# WHAT IS EXPECTED
Of the material below, the lines to be retyped are those from the line containing "filename crates/ask/src/in_merge.rt" through the line containing "the second table.", inclusive; reproduce them exactly.

# DATASET EXTRACT

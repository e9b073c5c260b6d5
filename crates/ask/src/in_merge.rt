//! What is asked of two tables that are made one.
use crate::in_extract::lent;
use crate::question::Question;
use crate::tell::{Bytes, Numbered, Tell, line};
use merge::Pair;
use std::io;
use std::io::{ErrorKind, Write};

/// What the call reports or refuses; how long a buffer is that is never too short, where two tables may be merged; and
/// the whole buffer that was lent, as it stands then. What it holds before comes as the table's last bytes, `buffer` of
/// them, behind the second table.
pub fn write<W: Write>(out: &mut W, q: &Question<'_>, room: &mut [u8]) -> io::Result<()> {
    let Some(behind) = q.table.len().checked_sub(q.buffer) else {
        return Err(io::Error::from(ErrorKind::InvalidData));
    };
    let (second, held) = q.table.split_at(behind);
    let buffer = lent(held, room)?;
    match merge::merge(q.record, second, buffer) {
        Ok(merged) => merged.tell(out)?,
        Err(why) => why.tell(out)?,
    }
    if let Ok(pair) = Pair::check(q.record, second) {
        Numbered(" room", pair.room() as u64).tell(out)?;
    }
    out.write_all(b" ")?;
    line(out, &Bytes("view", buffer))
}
* * *
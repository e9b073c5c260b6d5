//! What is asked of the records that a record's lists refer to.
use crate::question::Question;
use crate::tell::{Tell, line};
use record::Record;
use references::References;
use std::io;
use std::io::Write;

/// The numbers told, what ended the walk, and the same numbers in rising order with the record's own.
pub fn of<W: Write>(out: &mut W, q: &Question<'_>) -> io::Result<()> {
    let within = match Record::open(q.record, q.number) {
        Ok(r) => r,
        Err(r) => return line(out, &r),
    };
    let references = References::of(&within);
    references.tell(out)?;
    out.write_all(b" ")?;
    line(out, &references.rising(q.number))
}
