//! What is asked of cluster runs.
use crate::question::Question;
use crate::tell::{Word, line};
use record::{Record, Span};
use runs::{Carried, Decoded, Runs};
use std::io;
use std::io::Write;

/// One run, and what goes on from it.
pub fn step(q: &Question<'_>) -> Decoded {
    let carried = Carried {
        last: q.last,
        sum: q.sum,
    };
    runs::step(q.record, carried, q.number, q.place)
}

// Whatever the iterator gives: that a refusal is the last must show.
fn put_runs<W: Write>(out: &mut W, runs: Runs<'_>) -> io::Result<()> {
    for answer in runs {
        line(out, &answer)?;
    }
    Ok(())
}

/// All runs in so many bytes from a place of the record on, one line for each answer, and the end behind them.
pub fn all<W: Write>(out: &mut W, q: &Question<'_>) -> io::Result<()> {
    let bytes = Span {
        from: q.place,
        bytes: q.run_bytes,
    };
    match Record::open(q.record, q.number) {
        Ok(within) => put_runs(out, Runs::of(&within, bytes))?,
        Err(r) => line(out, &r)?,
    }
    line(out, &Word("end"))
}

# ANSWER
filename crates/ask/src/in_merge.rt
//! What is asked of two tables that are made one.
use crate::in_extract::lent;
use crate::question::Question;
use crate::tell::{Bytes, Numbered, Tell, line};
use merge::Pair;
use std::io;
use std::io::{ErrorKind, Write};

/// What the call reports or refuses; how long a buffer is that is never too short, where two tables may be merged; and
/// the whole buffer that was lent, as it stands then. What it holds before comes as the table's last bytes, `buffer` of
/// them, behind the second table.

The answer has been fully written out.